KESAKSIAN, BETHANY.OR.ID – Kehancuran dalam bisnis dan kehidupannya di sekitar awal tahun 1997 itu lebih parah lagi. Selain lebih terperosok sebagai pengguna obat-obatan psikotropika, sampaipun terlibat hutang yang mencapai jumlah lebih dari Rp. 7 milyar. Nilai uang yang tidak sedikit pada tahun itu.
Tragedi kehidupan, begitu Henry Wirawan mengistilahkannya, tiba-tiba menimpa bidang usahanya di tahun 1997. Dia melangkah dalam bisnis mengimpor besi baja dalam jumlah cukup besar. Didirikannya lagi sebuah perusahaan melalui cara berkongsi dengan kawannya. Di situlah awal “tragedi” yang dimaksudnya, yakni teman dagangnya menipunya. Stock besi baja menumpuk tak bisa menjualnya, duitnya dibawa lari, dan modal pun habis.
“Dalam hal demikian, saya kelimpungan. Akhirnya kehidupan saya lebih parah, karena terperosok dalam pergaulan para pengguna psikotropika. Saya jarang pulang ke rumah.” Demikian dia mengenang tekanan hidupnya saat itu. Kehidupan malam banyak dihabiskan di arena dansa dan ruang sebuah diskotik. Setiap pulang, terpaksa dijemput isterinya yang mengemudikan mobil, karena dia selalu dalam keadaan mabuk berat. Rasa enggan untuk pulang ke rumah, karena pasti terjadi pertengkaran dengan isterinya yang jengkel atas perbuatan suaminya.

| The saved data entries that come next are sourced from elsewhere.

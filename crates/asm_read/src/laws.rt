// The laws of reading, over the definitions that the contracts of `print` and `read` name.
ghost use Rattle.asm_read.specs.Laws.{
  GrammarIsRead,
  LinesAreFew,
  LinesHaveTokens,
  OnlyNormalIsRead,
  OthersLeave,
  PrintedIsRead,
};

/// Each line has one list of tokens.
pub fn lines_have_tokens()
    ensures law { LinesHaveTokens }
{
    // The law is all that is promised.
}

/// Reading what is printed of normal items gives these items.
pub fn read_undoes_print()
    ensures law { PrintedIsRead }
{
    // The law is all that is promised.
}

/// Only normal items are read.
pub fn only_normal_items()
    ensures law { OnlyNormalIsRead }
{
    // The law is all that is promised.
}

/// A text is read exactly where its statements are items and whole groups, one behind the other.
pub fn grammar_is_read()
    ensures law { GrammarIsRead }
{
    // The law is all that is promised.
}

/// The line after [`crate::AsmErr::NotAsm`] is that of the first label or statement behind which no text
/// goes on, and where there is none, that of the `.def` that isn't closed.
pub fn others_leave()
    ensures law { OthersLeave }
{
    // The law is all that is promised.
}

/// A text has at most one line more than bytes, which meets the condition of [`crate::read`].
pub fn lines_are_few()
    ensures law { LinesAreFew }
{
    // The law is all that is promised.
}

Kehidupan harmonis dalam keluarganya, maupun kehidupannya sejak belum menjadi remaja, seolah sirna. Pada hal, dia mengenal kehidupan pelayanan sejak menjadi siswa Sekolah Dasar. Henry Wirawan kecil itu sudah ditunjuk sebagai ‘misdinar’ (anak-anak yang membantu Pastor dalam peribadatan), sampai menjadi remaja sebagai siswa SMA. Dalam berkuliah di Universitas Katolik Widya Mandala, Surabaya, serta penggemar radio-komunikasi ORARI, membawanya berkenalan melalui udara dengan Juniana, juga anggota organisasi tersebut. Jalinan komunikasi tersebut berkembang menjadi hubungan pribadi dan asmara antar keduanya, dan begitulah, suatu saat keduanya berjanji bertemu di tempat yang bersejarah. Yakni gereja Katolik tertua di Jawa Timur, Katedral jalan Kepanjen, Surabaya. Di tahun 1988, di depan altar Gereja Katolik di Katedral itu pula keduanya melangsungkan pernikahan. Dari pernikahan itulah keduanya dikaruniai anak perempuan dan anak lelaki.
Mencapai usia perkawinan yang ke dua puluh tahun, ketika anak perempuannya sudah berusia 19 tahun dan anak lelakinya 17 tahun, kehidupan keluarga dan bisnis Henry baik-baik saja. Bisnis di bidang jual-beli besi baja yang didirikannya sesudah perkawinannya, berjalan dengan lancar dan cukup maju. Kemajuan usaha Henry yang punya hobby memancing dan berburu itu, menjadikan dia mampu membuka tiga bidang usaha lainnya lagi. Baik bersendiri maupun dengan bekerja sama (berkongsi) dengan temannya.
Kehancuran dalam bisnis dan kehidupannya di sekitar awal tahun 1997 itu lebih parah lagi. Selain lebih terperosok sebagai pengguna obat-obatan psikotropika, sampaipun terlibat hutang yang mencapai jumlah lebih dari Rp. 7 milyar. Nilai uang yang tidak sedikit pada tahun itu.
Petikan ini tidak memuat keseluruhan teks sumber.